■ **Exercise**: Transcribe exactly the line in which "#![tactic(auto)]" occurs, plus every line that comes after it up to the end of the entries.

═════ Information provided

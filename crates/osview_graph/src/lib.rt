//! The graph of a run as Graphviz text.
//!
//! `graph_text` takes the activations of a run with their layout and their ends, the lines of tasks and the names of streams. It
//! gives the graph of tasks and streams: a box for each task, an ellipse for each stream, an arrow for each item of a task's
//! clauses. Or it gives that of some activations: a box for each, and an arrow from each activation that writes what one of them
//! reads. It knows nothing of files.
//!
//! Its promise is the definitions `stream_graph` and `activation_graph` in `specs/Graph.antt`, over any list of activations.
#![tactic(auto)]

mod arrows;
mod drawn;
mod ending;
mod graph;
mod labels;
mod links;
mod streams;
mod tables;
mod tally;
mod tasks;
mod uses;

pub use drawn::{Drawn, GraphChoice};
pub use graph::graph_text;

══════════

■ **Task response**:
#![tactic(auto)]

mod arrows;
mod drawn;
mod ending;
mod graph;
mod labels;
mod links;
mod streams;
mod tables;
mod tally;
mod tasks;
mod uses;

pub use drawn::{Drawn, GraphChoice};
pub use graph::graph_text;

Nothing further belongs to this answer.